Federal Programs for Addressing Low Income Housing Needs in America
Introduction:
The federal government began building subsidized Low Income Housing during the New Deal, and in the decades since, a complex tangle of federal programs has evolved to tackle the housing needs of low-income renters. Low Income Housing Tax Credits(LIHTC) provide an up-front subsidy to developers of rental housing (or their equity investors) in return for a commitment to charge below-market rent levels.
Rents for these units must be set at levels that are deemed affordable for households with moderately low income levels for the local area, and the units are set aside for residents at or below this income ceiling.
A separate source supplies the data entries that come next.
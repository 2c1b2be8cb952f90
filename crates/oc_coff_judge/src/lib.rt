//! Judging a COFF object: the first of its faults, or what was found in it on the way.
#![tactic(auto)]

mod aims;
mod bindings;
mod copies;
mod found;
mod judging;
mod keys;
mod numbers;
mod owners;
mod positions;
mod relocs;
mod section_stage;
mod sections;
mod symbol_stage;
mod symbols;
mod tagged;
mod weight;

pub use bindings::{binding_of, mark_of, value_of};
pub use found::Found;
pub use judging::{check_rest, table_of};
pub use keys::{leader_of, led_symbol};
pub use owners::{OwnerTables, Owners};
pub use positions::symbol_positions;
pub use relocs::{RelocTable, reloc_of, says_nothing};
pub use sections::{is_carried, kind_in};
pub use symbols::name_by;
All eligible residents pay the same rent; the LIHTC program does not require (nor does it provide sufficient subsidies to allow) every unit to be affordable for the family that lives in it.
Low Income Housing Tax Credits (LIHTC):
Low Income Housing Tax Credits (LIHTC) provide an up-front subsidy to developers of rental housing (or their equity investors) in return for a commitment to charge below-market rent levels. Rents for these units must be set at levels that are deemed affordable for households with moderately low income levels for the local area, and the units are set aside for residents at or below this income ceiling. All eligible residents pay the same rent; the LIHTC program does not require (nor does it provide sufficient subsidies to allow) every unit to be affordable for the family that lives in it.
Roles of State and Local Housing Agencies:
The administration of federal housing assistance is complex and confusing, with funds for various programs flowing independently of one another to state housing finance agencies (Low Income Housing Tax Credits), local public housing authorities, private owners (developments with federal subsidy contracts), and state and local departments of housing and community development. And cities typically have distinct agencies for the separate but overlapping tasks of housing finance, housing production, housing preservation, housing regulation, public housing administration, community development, neighborhood redevelopment, planning and zoning, and other special initiatives.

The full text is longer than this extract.